[Felieton "TS"] Grzegorz "GrzechG" Gołębiewski: Wojna nie tylko z koronawirusem

Jesteśmy wyłączeni – i my, i gospodarka. Każdego dnia coraz bardziej, i wcale nie łagodzi tego do końca ani Internet, ani domowe kino. Nigdy nie było w historii cywilizacji zachodniej analogicznej sytuacji.
 [Felieton "TS"] Grzegorz "GrzechG" Gołębiewski: Wojna nie tylko z koronawirusem
/ wikipedia
Każdy, kto choć trochę zna się na ekonomii, nie ma złudzeń, że Polska w stanie gospodarczego uśpienia może wytrwać co najwyżej trzy, cztery miesiące, nie dłużej. Potem przed oczami stanie widmo bankructwa państwa, jeśli nie uruchomimy choćby w połowie gospodarczej machiny. Dodruk pieniądza nic tu nie pomoże, odsunie tylko na moment jeszcze większy chaos. To widmo nie jest też obce bogatym państwom Zachodu, one też nie wytrwają w takim światowym postoju dłużej niż rok. Dziś nawet nie możemy w racjonalny sposób ogarnąć tego, co nas czeka po tej pandemii, ale wiadomo już, że w odniesieniu do Polski chodzi nie tylko o nasze zdrowie i uratowanie gospodarki, ale w ogóle o uratowanie polskiego państwa. W tym kontekście cała ta wielotygodniowa histeria opozycji, która toczy kampanię przeciwko wyborom prezydenckim w konstytucyjnym terminie, nabiera zupełnie innego znaczenia. A wymyśli sobie z pewnością nowe narracje, jeśli ta wyborcza się wypali.
 
Nie jest to już tylko zwykła walka polityczna, ale działanie, które śmiało można uznać za antypaństwowe. Taka fraza nie kojarzy się dobrze Polakom, którzy pamiętają czasy komunizmu, ale tego inaczej nie da się nazwać. Narzekanie Koalicji Obywatelskiej na tarczę antykryzysową, a właściwie negowanie, że ona w ogóle istnieje, albo ciągłe pokrzykiwanie: „jeszcze więcej maseczek”, można uznać ostatecznie za próbę zbicia kapitału politycznego, choć wypadałoby spodziewać się większego umiaru w czasie powszechnej już światowej zarazy.

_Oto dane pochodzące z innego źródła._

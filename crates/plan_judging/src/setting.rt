//! A plan's own nodes and variables, on which its rows are judged.
ghost use Rattle.std.specs.Prelude.{length, map};
ghost use Rattle.netlist.specs.Domains.{domain_number};
ghost use Rattle.netlist.specs.Flags.{flag_up};
ghost use Rattle.assembly.specs.Meaning.{domains_of};

use assembly::Assembly;
use draft::settings::Setting;
use netlist::domains::Domain;

// `taken` has a flag for each variable, up where one of the rows before has it.
#[derive(Clone, Copy)]
pub(crate) struct PlanSetting<'a, A> {
    pub part: &'a A,
    pub taken: &'a [bool],
}

impl<'a, A: Assembly> Setting for PlanSetting<'a, A> {
    ghost domains = { λ g. map domain_number (domains_of (A.Assembly.meaning g.part.now)) };

    ghost variables = { λ g. length g.taken.now };

    ghost taken = { λ g. flag_up g.taken.now };

    fn domain(&self, node: usize) -> Option<Domain> {
        self.part.domain(node)
    }

    fn is_taken(&self, variable: usize) -> Option<bool> {
        self.taken.get(variable).copied()
    }
}
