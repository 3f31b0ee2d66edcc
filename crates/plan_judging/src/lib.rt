//! What is wrong with a plan by itself, and the laws of a plan, term by term.
#![tactic(auto)]

ghost use Rattle.plan_judging.specs.Alone.{judge_assembly, CountsTerms};

mod laws;
pub mod refusals;
mod rows;
mod setting;
pub mod terms;

use assembly::Assembly;
use assembly::plans::Size;
pub use refusals::PlaceRefusal;

/// Refuses a void assembly; else for the first row, or else the first law, that would be refused on the plan's
/// own nodes and variables with the rows before it. Want of room does not count. Where nothing is refused, it
/// answers how many terms the laws have together.
pub fn judge_plan<A: Assembly>(part: &A) -> Result<usize, PlaceRefusal>
    ensures { let m = A.Assembly.meaning part.now in CountsTerms m (judge_assembly m) result }
{
    let size = part.size().ok_or(PlaceRefusal::Void)?;
    let mut flags = [false; Size::MOST];
    rows::judge_rows(part, size.rows, &mut flags[..size.variables])?;
    laws::judge_laws(part, size.laws, size.variables)
}
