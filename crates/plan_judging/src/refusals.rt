//! Why an assembly is not placed.
ghost use Rattle.std.specs.Prelude.{◌≡◌, Some};
ghost use Rattle.refusal.specs.Text.{refusal_text};
ghost use Rattle.plan_judging.specs.Refusals.{number_of, place_of, cause_of};

use draft::{DraftRefusal, Table};
use refusal::Refuses;
use std::fmt;

/// Why an assembly is not placed. Its ends, rows and laws are counted from 0. The cause is the number of the
/// refusal inside.
#[derive(Clone, Copy, PartialEq, Eq, Debug)]
pub enum PlaceRefusal {
    /// The assembly is void.
    Void,
    /// The node that an end is placed at is not drawn.
    NoNode { end: u8 },
    /// The node that an end is placed at has another domain than the end.
    Domain { end: u8 },
    /// This row of the plan meets a refusal.
    Row { row: u16, inner: DraftRefusal },
    /// This law of the plan meets a refusal.
    Law { law: u16, inner: DraftRefusal },
    /// A table of the draft would hold more than it may.
    Limit { table: Table },
}

// The place of law 0 of a plan. The places below are its rows'.
const FIRST_LAW: usize = 10_000;

impl Refuses for PlaceRefusal {
    ghost number = { number_of };

    ghost place = { place_of };

    ghost cause = { cause_of };

    fn number(&self) -> u32 {
        match self {
            PlaceRefusal::Void => 8,
            PlaceRefusal::NoNode { .. } => 2,
            PlaceRefusal::Domain { .. } => 4,
            PlaceRefusal::Row { .. } | PlaceRefusal::Law { .. } => 9,
            PlaceRefusal::Limit { .. } => 1,
        }
    }

    fn place(&self) -> usize {
        match *self {
            PlaceRefusal::Void => 1,
            PlaceRefusal::NoNode { end } | PlaceRefusal::Domain { end } => 2 + usize::from(end),
            PlaceRefusal::Row { row, .. } => usize::from(row),
            PlaceRefusal::Law { law, .. } => FIRST_LAW + usize::from(law),
            PlaceRefusal::Limit { table } => usize::from(table),
        }
    }

    fn cause(&self) -> u32 {
        match self {
            PlaceRefusal::Row { inner, .. } | PlaceRefusal::Law { inner, .. } => inner.number(),
            _ => 0,
        }
    }
}

impl fmt::Display for PlaceRefusal {
    ghost output = { λ why. Some (refusal_text (number_of why) (place_of why) (cause_of why)) };

    fn fmt<W: fmt::Write>(&self, f: &mut fmt::Formatter<W>) -> fmt::Result {
        self.tell(f)
    }
}

impl std::error::Error for PlaceRefusal {}
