//! The laws of a plan are judged in turn.
ghost use Rattle.std.specs.Prelude.{◌≡◌, length};
ghost use Rattle.assembly.specs.Meaning.{Proper, laws_of};
ghost use Rattle.plan_judging.specs.Alone.{judge_laws_of, CountsTerms};

use crate::refusals::PlaceRefusal;
use crate::terms::LawTerms;
use assembly::Assembly;
use draft::laws::accept_terms;

// Judges each law over so many variables, and answers how many terms they have together.
pub(crate) fn judge_laws<A: Assembly>(
    part: &A,
    laws: usize,
    variables: usize,
) -> Result<usize, PlaceRefusal>
    requires all { laws ≡ length (laws_of (A.Assembly.meaning part.now)) }
    requires proper { Proper (A.Assembly.meaning part.now) }
    ensures { let m = A.Assembly.meaning part.now in CountsTerms m (judge_laws_of m variables) result }
{
    let mut terms = 0;
    for k in 0..laws {
        let law = LawTerms::of(part, k, 0);
        if let Err(inner) = accept_terms(variables, law.as_slice()) {
            return Err(PlaceRefusal::Law {
                law: k as u16,
                inner,
            });
        }
        terms += law.as_slice().len();
    }
    Ok(terms)
}
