//! What the typing of a source comes to.

use crate::statics::put_statics;
use anyhow::{Result, bail};
use c_faults::Fault;
use c_lexer::{Tokens, lex};
use c_parser::{parse, release};
use c_pre::expand;
use c_syntax::Unit;
use c_tree::Program;
use c_typer::{UnitRefusal, type_unit};
use c_unit_typing::limits::Limited;
use sb_base::Line;

/// What is asked of a source.
#[derive(Clone, Copy, PartialEq, Eq)]
pub enum Question {
    /// Which rule it violates, if any.
    Rule,
    /// What its static objects hold before a run, too.
    Statics,
}

// The word of a limit, as the tool's line has it.
fn name_of(which: Limited) -> &'static str {
    match which {
        Limited::Functions => "functions",
        Limited::Parameters => "parameters",
        Limited::Members => "members",
        Limited::Globals => "globals",
    }
}

fn put_typed(rt: &HostRuntime, question: Question, program: &Program) -> Result<()> {
    if question == Question::Statics {
        put_statics(rt, program)?;
    }
    println!(rt; "typed")?;
    Ok(())
}

fn put_fault(rt: &HostRuntime, fault: Fault) -> Result<()> {
    println!(rt; "rule {} line {}", fault.rule.number(), fault.line.number())?;
    Ok(())
}

fn put_inconstant(rt: &HostRuntime, line: Line) -> Result<()> {
    println!(rt; "not constant line {}", line.number())?;
    Ok(())
}

fn put_limit(rt: &HostRuntime, which: Limited, count: u128) -> Result<()> {
    println!(rt; "{} {count}", name_of(which))?;
    Ok(())
}

fn put_refusal(rt: &HostRuntime, refusal: UnitRefusal) -> Result<()> {
    match refusal {
        UnitRefusal::Fault(fault) => put_fault(rt, fault),
        UnitRefusal::NotConstant(line) => put_inconstant(rt, line),
        UnitRefusal::TooLarge(which, count) => put_limit(rt, which, count),
        UnitRefusal::RoomTooLarge(number) => bail!("function {number} has no room"),
        UnitRefusal::Memory => bail!("out of memory"),
    }
}

fn put_unit(rt: &HostRuntime, question: Question, end: Line, unit: &Unit) -> Result<()> {
    match type_unit(rt.alloc(), end, unit) {
        Ok(program) => put_typed(rt, question, &program),
        Err(refusal) => put_refusal(rt, refusal),
    }
}

fn put_tokens(rt: &HostRuntime, question: Question, tokens: &Tokens) -> Result<()> {
    match parse(rt.alloc(), tokens) {
        Ok(unit) => {
            let ended = put_unit(rt, question, tokens.end(), &unit);
            release(unit);
            ended
        }
        Err(_) => bail!("a text has no tree"),
    }
}

/// Prints what is asked of a text: a line for each static object, if these are asked for and it is typed, and a line
/// that it is typed, or why not. An error: a line is not printed, there is no memory, or the text has no tree, or too
/// many bytes.
pub fn put_verdict(rt: &HostRuntime, question: Question, text: &[u8]) -> Result<()> {
    if text.len() > 1_048_576 {
        bail!("a text is too long");
    }
    match lex(rt.alloc(), text) {
        Ok(tokens) => match expand(rt.alloc(), tokens) {
            Ok(expanded) => put_tokens(rt, question, &expanded),
            Err(_) => bail!("a text has directives that are wrong"),
        },
        Err(_) => bail!("a text has no tokens"),
    }
}
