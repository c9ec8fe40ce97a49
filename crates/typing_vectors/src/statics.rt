//! What static objects hold before a run.
use anyhow::{Result, bail};
use c_const::{InitialFault, InitialObject, Pointers, initial_bytes, is_laid_out};
use c_tree::{Program, StaticObject};
use obj_memory::{Bounds, Tag, Value};
use std::alloc::Global;

// Where the first static object stands, where the first function, and how far it is from one to the next.
const STATICS: u64 = 0x1000_0000;

const FUNCTIONS: u64 = 0x2000_0000;

const STEP: u64 = 0x1_0000;

// The pointer to the static object of a number.
fn static_pointer(number: u8) -> Value {
    let base = STATICS + u64::from(number) * STEP;
    let bound = base + STEP;
    Value {
        word: base,
        tag: Tag::OfObject(usize::from(number), Bounds { base, bound }),
    }
}

// The pointer to the function of a number.
fn function_pointer(number: u8) -> Value {
    Value {
        word: FUNCTIONS + u64::from(number) * STEP,
        tag: Tag::OfFunction(usize::from(number)),
    }
}

// The pointers to the first 256 static objects.
fn static_pointers(alloc: Global) -> Result<Vec<Value>> {
    let mut pointers = Vec::new(alloc);
    for number in 0..=255 {
        pointers.push(static_pointer(number))?;
    }
    Ok(pointers)
}

// The pointers to the first 256 functions.
fn function_pointers(alloc: Global) -> Result<Vec<Value>> {
    let mut pointers = Vec::new(alloc);
    for number in 0..=255 {
        pointers.push(function_pointer(number))?;
    }
    Ok(pointers)
}

/// Prints a line for each static object of a program: how many bytes it has, its words in their order, before one that
/// is a pointer the number of its object or function, and the bytes behind the last word.
pub fn put_statics(rt: &HostRuntime, program: &Program) -> Result<()> {
    let statics = static_pointers(rt.alloc())?;
    let functions = function_pointers(rt.alloc())?;
    let pointers = Pointers {
        statics: &statics,
        functions: &functions,
    };
    for object in program.statics.as_slice() {
        put_object(rt, &pointers, object)?;
    }
    Ok(())
}

fn put_object(rt: &HostRuntime, pointers: &Pointers, object: &StaticObject) -> Result<()> {
    if !is_laid_out(object) {
        bail!("a part lies outside of its object");
    }
    match initial_bytes(rt.alloc(), pointers, object) {
        Ok(contents) => put_contents(rt, &contents),
        Err(fault) => put_fault(rt, fault),
    }
}

fn put_fault(rt: &HostRuntime, fault: InitialFault) -> Result<()> {
    println!(rt; "{fault:?}")?;
    Ok(())
}

fn put_contents(rt: &HostRuntime, contents: &InitialObject) -> Result<()> {
    let mut rest = contents.bytes();
    print!(rt; "{}", rest.len())?;
    for tag in contents.tags() {
        let (word, behind) = rest.split_at(rest.len().min(8));
        put_mark(rt, *tag)?;
        print!(rt; "{}", hex::encode(rt.alloc(), word)?)?;
        rest = behind;
    }
    println!(rt; " {}", hex::encode(rt.alloc(), rest)?)?;
    Ok(())
}

// Prints what stands before a word.
fn put_mark(rt: &HostRuntime, tag: Tag) -> Result<()> {
    match tag {
        Tag::Untagged => print!(rt; " ")?,
        Tag::OfObject(number, _) => print!(rt; " @{number}:")?,
        Tag::OfFunction(number) => print!(rt; " f{number}:")?,
    }
    Ok(())
}
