// Types sources, and tells what their static objects hold. Standard input has two parts, with a line `%%%` between
// them, and in each a line `%%` between each two sources.
//
// For each source of the first is printed the first rule that it violates and its line, or what it has too much of and
// how much, or that it is typed. For one of the second come before this its static objects, in the order of their
// names, with the bytes that they hold before a run.
//
// `stdin` and `stdout` are made by `vectors.py` beside them, of the tables of `typing_rows.py`, which were worked out
// by hand; what gcc 12.2.0 says of them stands there. What static objects hold is what gcc's object files hold
// (`static_rows.py`).
#![tactic(auto)]

mod statics;
mod typing;

use crate::typing::{Question, put_verdict};
use anyhow::{Context, Result};
use std::io;

fn main(rt: HostRuntime) -> Result<()> {
    let input = io::read_to_string(rt.alloc(), rt.reader())?;
    let (sources, statics) = input.as_str().split_once("%%%\n").context("two parts")?;
    put_verdicts(&rt, Question::Rule, sources)?;
    put_verdicts(&rt, Question::Statics, statics)
}

fn put_verdicts(rt: &HostRuntime, question: Question, texts: &str) -> Result<()> {
    for text in texts.split("%%\n") {
        put_verdict(rt, question, text.as_bytes())?;
    }
    Ok(())
}
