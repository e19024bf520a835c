//! Attributes of the nodes of a graph's tree: area, volume and dynamics.
#![tactic(auto)]

mod floors;
mod gather;
mod laws;
mod leaves;
mod report;
mod sums;
mod table;

pub use laws::{floors_are_low, volume_by_area};
pub use report::{attributes_pieces, write_attributes};
pub use table::Attributes;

Ale nie oczekujmy zbyt wiele od takich ludzi jak Donald Tusk czy Borys Budka. Widać to już całkiem wyraźnie, że PO gra na wywołanie w Polsce histerii, paniki i chaosu konstytucyjnego, a to zagraża po prostu dalszemu funkcjonowaniu państwa. To jest coś znacznie bardziej niebezpiecznego niż tylko chęć przejęcia władzy na gruzach epidemii. Poważni politycy, a do takich z pewnością należą Mateusz Morawiecki i Andrzej Duda, zdają sobie sprawę z tego, że stoimy przed widmem światowego krachu, który dotknie szczególnie państwa mniej zamożne, nieposiadające ogromnych rezerw finansowych, zależnych w dużym stopniu od rynków zagranicznych.
 
Polska nie stoi w pierwszym szeregu tych krajów, którym grozi katastrofa, ale jeśli opozycja nie wstrzyma swoich antypaństwowych działań, możemy do nich dołączyć. Sytuacja gospodarcza i geopolityczna jest dużo poważniejsza, niż się nam wydaje, ponieważ skutków pandemii nie można jeszcze w ogóle oszacować. Żaden poważny ekspert z dziedziny wirusologii czy mikrobiologii nie jest dziś w stanie odpowiedzieć na pytanie, czy COVID-19 ustąpi za jakiś czas, czy z nami pozostanie, czy powróci jesienią tego roku. Snuje się tylko przypuszczenia. Jeśli nawet pojawi się w wymiarze globalnym szczepionka przeciwko koronawirusowi, to jej zbawienne skutki dla zdrowia ludzi, a także dla gospodarki światowej przyjdą najwcześniej w połowie przyszłego roku. Do tego czasu w trosce o zdrowie i życie ludzi będziemy wyłączeni z normalnego życia społecznego. To nie jest czarna wizja, bo gdyby nawet zniesiono obostrzenia za trzy, cztery miesiące, to skutki epidemii dla polskiej gospodarki będą i tak fatalne, a odbicie przyjdzie tylko wtedy, jeśli SARS-CoV-2 nie wróci do nas w kolejnej fali jesienią tego roku.
 
Wiele się mówi o solidarności w czasach zarazy, ale jeśli Polska, poza kryzysem gospodarczym, będzie targana chaosem konstytucyjnym, nieustannym podważaniem jakichkolwiek decyzji rządu w walce z wirusem, stanie się bardzo szybko obiektem zakulisowych działań, których celem będzie doprowadzenie do upadku lub całkowitego uprzedmiotowienia naszego państwa. Takie działania już prowadzi Rosja, choć są to jak na razie tylko dość toporne fake newsy. Może refleksje tu zawarte są na wyrost, są zbyt katastroficzne, ale wojnę z koronawirusem i walkę o zdrowie całych narodów już toczymy, batalię o przetrwanie wielu kluczowych dla świata gospodarek już mamy, więc to nie jest ani kryzys z 1929, ani z 2008 roku. Jest znacznie gorzej.


Oceń artykuł
Wczytuję ocenę...

 

POLECANE
Co się dzieje na granicy? Straż Graniczna wydała komunikat z ostatniej chwili
Co się dzieje na granicy? Straż Graniczna wydała komunikat

W pierwszym kwartale roku funkcjonariusze SG zatrzymali 119 osób zaangażowanych w organizowanie i pomocnictwo w nielegalnym przekraczaniu przez cudzoziemców granicy państwowej - przekazał PAP p.o. rzecznika prasowego SG mjr Andrzej Juźwiak. 94 zatrzymanych to cudzoziemcy, a wśród nich 48 to obywatele Ukrainy.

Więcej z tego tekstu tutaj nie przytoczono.